[Dataset entries]
+++
//! Writes all unwind records of a program: those of its exception directory's entries, and those of leaf functions.

ghost use Rattle.std.specs.Prelude.{◌≡◌, IfOk, OnOk};
ghost use Rattle.pe_unwind.specs.Functions.{function_at};
ghost use Rattle.pe_unwind.specs.ProgramRecords.{Adds, AddsAll, AreUnwindRecords};

use crate::cfi_text::push_entry;
use crate::functions::reach_behind;
use crate::leaf_code::push_leaf_records;
use crate::unwind_errors::{EntryError, UnwindError};
use pe_image::{FunctionEntry, Image, function_entries};
use std::alloc::{AllocError, Global};
use std::marker::Model;

/// The unwind records of a program, as text.
#[derive(Drop)]
pub struct UnwindRecords {
    /// One line for each record.
    pub text: String,
    /// The entries of the exception directory that get no records, in file order.
    pub left_out: Vec<OmittedEntry>,
}

impl Model for UnwindRecords {
    ghost use Rattle.std.specs.Prelude.{string_bytes};
    ghost use Rattle.pe_unwind.specs.ProgramRecords.{Written};

    ghost Value = { Written };

    ghost view = { λ records. record { text = string_bytes records.text; left_out = records.left_out.items } };
}

/// An entry of the exception directory that gets no records.
#[derive(Debug, Clone, Copy, PartialEq, Eq)]
pub struct OmittedEntry {
    /// The address of its function's first byte, relative to the image base.
    pub begin: u32,
    pub why: EntryError,
}

/// The unwind records of a program for x64: those of each entry of its exception directory in file order, and then
/// those of leaf functions, which have no entry.
pub fn unwind_records(alloc: Global, image: &Image<'_>) -> Result<UnwindRecords, AllocError>
    ensures answer { IfOk result (AreUnwindRecords image.now) }
{
    let entries = function_entries(alloc, image)?;
    let mut records = UnwindRecords {
        text: String::new(alloc),
        left_out: Vec::new(alloc),
    };
    add_entries(alloc, &mut records, image, &entries)?;
    push_leaf_records(alloc, &mut records.text, image, &entries)?;
    Ok(records)
}

// Appends the records of entries.
fn add_entries(
    alloc: Global,
    records: &mut UnwindRecords,
    image: &Image<'_>,
    entries: &[FunctionEntry],
) -> Result<(), AllocError>
    ensures { OnOk result (AddsAll image.now 0 entries.now records.old records.new) }
{
    let mut reach = 0;
    for &entry in entries {
        add_entry(alloc, records, image, reach, entry)?;
        reach = reach_behind(image, reach, entry);
    }
    Ok(())
}

// Appends the records of an entry, or lists it as one without records.
fn add_entry(
    alloc: Global,
    records: &mut UnwindRecords,
    image: &Image<'_>,
    reach: u32,
    entry: FunctionEntry,
) -> Result<(), AllocError>
    ensures { OnOk result (Adds entry (function_at image.now reach entry) records.old records.new) }
{
    let begin = entry.begin;
    match push_entry(alloc, &mut records.text, image, reach, entry) {
        Ok(()) => Ok(()),
        Err(UnwindError::OutOfMemory) => Err(AllocError),
        Err(UnwindError::Refused(why)) => {
            records.left_out.push(OmittedEntry { begin, why })?;
            Ok(())
        }
    }
}
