//! Finds epilogues, the instructions that free a function's frame and leave it, and the rules at each of them.

ghost use Rattle.std.specs.Prelude.{◌≡◌, ◌≤◌, ◌<◌, ◌+◌, ℕ, drop, false, is_some, length, slice_index};
ghost use Rattle.pe_unwind.specs.Epilogues.{adds_byte, adds_number, begins_with, epilogue_rules, first_pop, is_pop};
ghost use Rattle.pe_unwind.specs.Epilogues.{jumps_out, jumps_prefixed, jumps_through, lea_by, lea_if, leas, leaves};
ghost use Rattle.pe_unwind.specs.Epilogues.{first_pops, leaves_for, operand, pop_undone, returns, stack_restored};
ghost use Rattle.pe_unwind.specs.Epilogues.{may_begin, may_follow, signed_byte, signed_number};
ghost use Rattle.pe_unwind.specs.Rules.{at_first, stack_top};
ghost use Rattle.pe_unwind.specs.declared.rules.Unwound.{Unwound};

use crate::registers::{Register, index, numbered};
use crate::rules::{
    FunctionUnwind, RegisterOffset, Rules, Unwound, above, at_first, popped, rules_of, stack_top,
    with_saved,
};
use crate::unwind_info::FrameRegister;
use pe_image::u32_at;

/// The maximum number of registers that an epilogue pops.
const MOST_POPS: usize = 16;

/// The byte of `pop rsp`.
const POP_RSP: u8 = 0x5c;

/// The effect of an instruction that frees the frame.
#[derive(Clone, Copy)]
struct Restored {
    /// The stack pointer after it.
    stack: RegisterOffset,
    /// Its size in bytes, 0 if there is none.
    size: usize,
}

/// A pop.
#[derive(Clone, Copy)]
struct Pop {
    register: Register,
    /// Its size in bytes.
    size: usize,
}

/// The rules at an instruction of an epilogue of version 1. `code` is the function's code from there to its end. `None`
/// if no epilogue continues there.
pub(crate) fn epilogue_rules(function: &FunctionUnwind, code: &[u8]) -> Option<Rules>
    requires { length code.now ≤ function.now.end }
    ensures answer { result ≡ epilogue_rules function.now code.now }
{
    let front = stack_restored(function.own.frame, code);
    let (undone, rest) = first_pops(behind(code, front.size), from_stack(front.stack));
    if leaves(function, rest) {
        return Some(rules_of(undone));
    }
    None
}

/// Whether an epilogue of version 1 continues at the start of this code.
pub(crate) fn is_epilogue(function: &FunctionUnwind, code: &[u8]) -> bool
    requires { length code.now ≤ function.now.end }
    ensures answer { result ≡ is_some (epilogue_rules function.now code.now) }
{
    let front = stack_restored(function.own.frame, code);
    leaves(function, pops_rest(behind(code, front.size)))
}

/// The first offset at or after a given one that is in an epilogue of version 1, or the code's size if there is none.
pub(crate) fn next_epilogue(function: &FunctionUnwind, code: &[u8], from: usize) -> usize
    requires from { from ≤ length code.now }
    requires code { length code.now ≤ function.now.end }
    ensures from { from ≤ result }
    ensures within { result ≤ length code.now }
    ensures none { (at : ℕ) → at < result → from ≤ at
        → is_some (epilogue_rules function.now (drop at code.now)) ≡ false }
{
    for at in from..code.len() {
        if is_epilogue_at(function, code, at) {
            return at;
        }
    }
    code.len()
}

// Whether an offset is in an epilogue of version 1. For most offsets the first byte there rules this out.
fn is_epilogue_at(function: &FunctionUnwind, code: &[u8], at: usize) -> bool
    requires at { at < length code.now }
    requires code { length code.now ≤ function.now.end }
    ensures { result ≡ is_some (epilogue_rules function.now (drop at code.now)) }
{
    if !may_begin(code, at) {
        return false;
    }
    let (_, rest) = code.split_at(at);
    is_epilogue(function, rest)
}

// Whether the bytes at an offset can be the first three of an epilogue. The range comparisons come first, because they
// rule out most bytes.
fn may_begin(code: &[u8], at: usize) -> bool
    requires { at < length code.now }
    ensures { result
        ≡ may_begin (slice_index code.now at) (slice_index code.now (at + 1)) (slice_index code.now (at + 2)) }
{
    let first = code[at];
    if first < 0x40 {
        return false;
    }
    if first < 0x50 {
        return may_follow(byte(code, at + 1), byte(code, at + 2));
    }
    if 0x60 <= first && first < 0xc2 {
        return false;
    }
    match first {
        0xf3 => byte(code, at + 1) == 0xc3,
        0xff => byte(code, at + 1) == 0x25,
        _ => matches!(first, 0xc2 | 0xc3 | 0xe9 | 0xeb) || is_pop(first),
    }
}

// Whether the two bytes after a prefix may be those of an epilogue.
fn may_follow(second: u8, third: u8) -> bool
    ensures { result ≡ may_follow second third }
{
    match second {
        0x81 | 0x83 => third == 0xc4,
        0x8d => third / 8 % 8 == 4,
        _ => second == 0xff || is_pop(second),
    }
}

// The state before anything is undone, with the stack pointer at this place.
fn from_stack(stack: RegisterOffset) -> Unwound
    ensures { result ≡ record at_first { stack = stack } }
{
    let first = at_first();
    let saved = first.saved;
    Unwound {
        stack,
        saved,
        is_trapped: first.is_trapped,
    }
}

// The code after the first `count` bytes.
fn behind(code: &[u8], count: usize) -> &[u8]
    ensures answer { result.now ≡ drop count code.now }
    ensures shorter { length result.now ≤ length code.now }
{
    if code.len() < count {
        return &[];
    }
    let (_, rest) = code.split_at(count);
    rest
}

// The byte at an offset; 0 after the end of the code.
fn byte(code: &[u8], at: usize) -> u8
    ensures { result ≡ slice_index code.now at }
{
    code.get(at).copied().unwrap_or(0)
}

// Sign-extends a byte.
fn signed_byte(byte: u8) -> u64
    ensures { result ≡ signed_byte byte }
{
    if byte < 128 {
        u64::from(byte)
    } else {
        u64::from(byte) + (u64::MAX - 0xff)
    }
}

// Sign-extends a four-byte number.
fn signed_number(number: u32) -> u64
    ensures { result ≡ signed_number number }
{
    if number < 0x8000_0000 {
        u64::from(number)
    } else {
        u64::from(number) + (u64::MAX - 0xffff_ffff)
    }
}

// The four-byte number at an offset of an instruction.
fn operand(code: &[u8], at: usize) -> u32
    ensures { result ≡ operand code.now at }
{
    u32_at(code, at).unwrap_or(0)
}

// Whether code begins with these two bytes and has at least `size` bytes.
fn begins_with(first: u8, second: u8, size: usize, code: &[u8]) -> bool
    ensures { result ≡ begins_with first second size code.now }
{
    byte(code, 0) == first && byte(code, 1) == second && size <= code.len()
}

// Whether code begins with `add rsp, imm8`.
fn adds_byte(code: &[u8]) -> bool
    ensures { result ≡ adds_byte code.now }
{
    begins_with(0x48, 0x83, 4, code) && byte(code, 2) == 0xc4
}

// Whether code begins with `add rsp, imm32`.
fn adds_number(code: &[u8]) -> bool
    ensures { result ≡ adds_number code.now }
{
    begins_with(0x48, 0x81, 7, code) && byte(code, 2) == 0xc4
}

// Whether code begins with `lea rsp, [register + displacement]`.
fn leas(number: u8, mode: u8, size: usize, code: &[u8]) -> bool
    requires number { number < 16 }
    requires mode { mode < 3 }
    ensures { result ≡ leas number mode size code.now }
{
    number % 8 != 4
        && begins_with(0x48 + number / 8, 0x8d, size, code)
        && byte(code, 2) == mode * 64 + 0x20 + number % 8
}

// The effect of a `lea` by the frame register, if the code begins with one.
fn lea_by(frame: FrameRegister, code: &[u8]) -> Restored
    ensures { result ≡ lea_by frame code.now }
{
    let number = index(frame.register) as u8;
    let (offset, size) = if leas(number, 1, 4, code) {
        (signed_byte(byte(code, 3)), 4)
    } else if leas(number, 2, 7, code) {
        (signed_number(operand(code, 3)), 7)
    } else {
        return nothing_restored();
    };
    Restored {
        stack: RegisterOffset {
            register: frame.register,
            offset,
        },
        size,
    }
}

// The effect if no instruction frees the frame.
fn nothing_restored() -> Restored
    ensures { result ≡ record { stack = stack_top; size = 0 } }
{
    Restored {
        stack: stack_top(),
        size: 0,
    }
}

// The effect of a `lea` by the frame register, if the function has one and the code begins with it.
fn lea_if(frame: Option<FrameRegister>, code: &[u8]) -> Restored
    ensures { result ≡ lea_if frame code.now }
{
    match frame {
        None => nothing_restored(),
        Some(frame) => lea_by(frame, code),
    }
}

// The effect of the instruction that frees the frame, if the code begins with one.
fn stack_restored(frame: Option<FrameRegister>, code: &[u8]) -> Restored
    ensures { result ≡ stack_restored frame code.now }
{
    if adds_byte(code) {
        return Restored {
            stack: above(stack_top(), signed_byte(byte(code, 3))),
            size: 4,
        };
    }
    if adds_number(code) {
        return Restored {
            stack: above(stack_top(), signed_number(operand(code, 3))),
            size: 7,
        };
    }
    lea_if(frame, code)
}

// Whether a byte is that of a pop.
fn is_pop(byte: u8) -> bool
    ensures { result ≡ is_pop byte }
{
    0x58 <= byte && byte < 0x60
}

// The `pop` with which code begins, if any.
fn first_pop(code: &[u8]) -> Option<Pop>
    ensures { result ≡ first_pop code.now }
{
    let first = byte(code, 0);
    if is_pop(first) && first != POP_RSP {
        return Some(Pop {
            register: numbered(usize::from(first - 0x58)),
            size: 1,
        });
    }
    let second = byte(code, 1);
    if first == 0x41 && is_pop(second) {
        return Some(Pop {
            register: numbered(usize::from(second - 0x50)),
            size: 2,
        });
    }
    None
}

// The state after a pop.
fn pop_undone(pop: Pop, unwound: Unwound) -> Unwound
    ensures { result ≡ pop_undone pop unwound }
{
    popped(8, with_saved(pop.register, unwound.stack, unwound))
}

// The state after the pops with which code begins, and the code after them.
fn first_pops(code: &[u8], unwound: Unwound) -> (Unwound, &[u8])
    ensures undone { result.0 ≡ (first_pops code.now unwound).0 }
    ensures rest { result.1.now ≡ (first_pops code.now unwound).1 }
    ensures shorter { length result.1.now ≤ length code.now }
{
    let mut undone = unwound;
    let mut rest = code;
    for _ in 0..MOST_POPS {
        let Some(pop) = first_pop(rest) else {
            break;
        };
        undone = pop_undone(pop, undone);
        rest = behind(rest, pop.size);
    }
    (undone, rest)
}

// The code after the pops with which it begins.
fn pops_rest(code: &[u8]) -> &[u8]
    ensures rest { (u : Unwound) → result.now ≡ (first_pops code.now u).1 }
    ensures shorter { length result.now ≤ length code.now }
{
    let mut rest = code;
    for _ in 0..MOST_POPS {
        let Some(pop) = first_pop(rest) else {
            break;
        };
        rest = behind(rest, pop.size);
    }
    rest
}

// Whether code begins with `ret`, `ret imm16` or `rep ret`.
fn returns(code: &[u8]) -> bool
    ensures { result ≡ returns code.now }
{
    let first = byte(code, 0);
    first == 0xc3 || first == 0xc2 && code.len() >= 3 || begins_with(0xf3, 0xc3, 2, code)
}

// Whether a jump to an address leaves a function.
fn leaves_for(function: &FunctionUnwind, target: u64) -> bool
    ensures { result ≡ leaves_for function.now target }
{
    let begin = u64::from(function.begin);
    target < begin
        || target >= u64::from(function.end)
        || target == begin && function.own.parent.is_none()
}

// Whether code begins with a relative jump that leaves the function.
fn jumps_out(function: &FunctionUnwind, code: &[u8]) -> bool
    requires { length code.now ≤ function.now.end }
    ensures { result ≡ jumps_out function.now code.now }
{
    let first = byte(code, 0);
    let end = u64::from(function.end);
    let size = code.len() as u64;
    if first == 0xeb && size >= 2 {
        return leaves_for(
            function,
            (end - (size - 2)).wrapping_add(signed_byte(byte(code, 1))),
        );
    }
    first == 0xe9
        && size >= 5
        && leaves_for(
            function,
            (end - (size - 5)).wrapping_add(signed_number(operand(code, 1))),
        )
}

// Whether code begins with a jump through memory.
fn jumps_through(code: &[u8]) -> bool
    ensures { result ≡ jumps_through code.now }
{
    begins_with(0xff, 0x25, 6, code)
}

// Whether code begins with a jump through memory or by a register, with a prefix before it.
fn jumps_prefixed(code: &[u8]) -> bool
    ensures { result ≡ jumps_prefixed code.now }
{
    let first = byte(code, 0);
    first / 16 == 4 && jumps_through(behind(code, 1))
        || first / 8 == 9 && byte(code, 1) == 0xff && byte(code, 2) / 8 == 28
}

// Whether code begins with an instruction that leaves the function.
fn leaves(function: &FunctionUnwind, code: &[u8]) -> bool
    requires { length code.now ≤ function.now.end }
    ensures { result ≡ leaves function.now code.now }
{
    returns(code) || jumps_out(function, code) || jumps_through(code) || jumps_prefixed(code)
}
+++
• _YOUR TASK_:
Print, please, the lines above from the very first through the one that holds "use crate::functions::reach_behind;", both included, word for word and with nothing else.

• _SOLUTION_:
//! Writes all unwind records of a program: those of its exception directory's entries, and those of leaf functions.

ghost use Rattle.std.specs.Prelude.{◌≡◌, IfOk, OnOk};
ghost use Rattle.pe_unwind.specs.Functions.{function_at};
ghost use Rattle.pe_unwind.specs.ProgramRecords.{Adds, AddsAll, AreUnwindRecords};

use crate::cfi_text::push_entry;
use crate::functions::reach_behind;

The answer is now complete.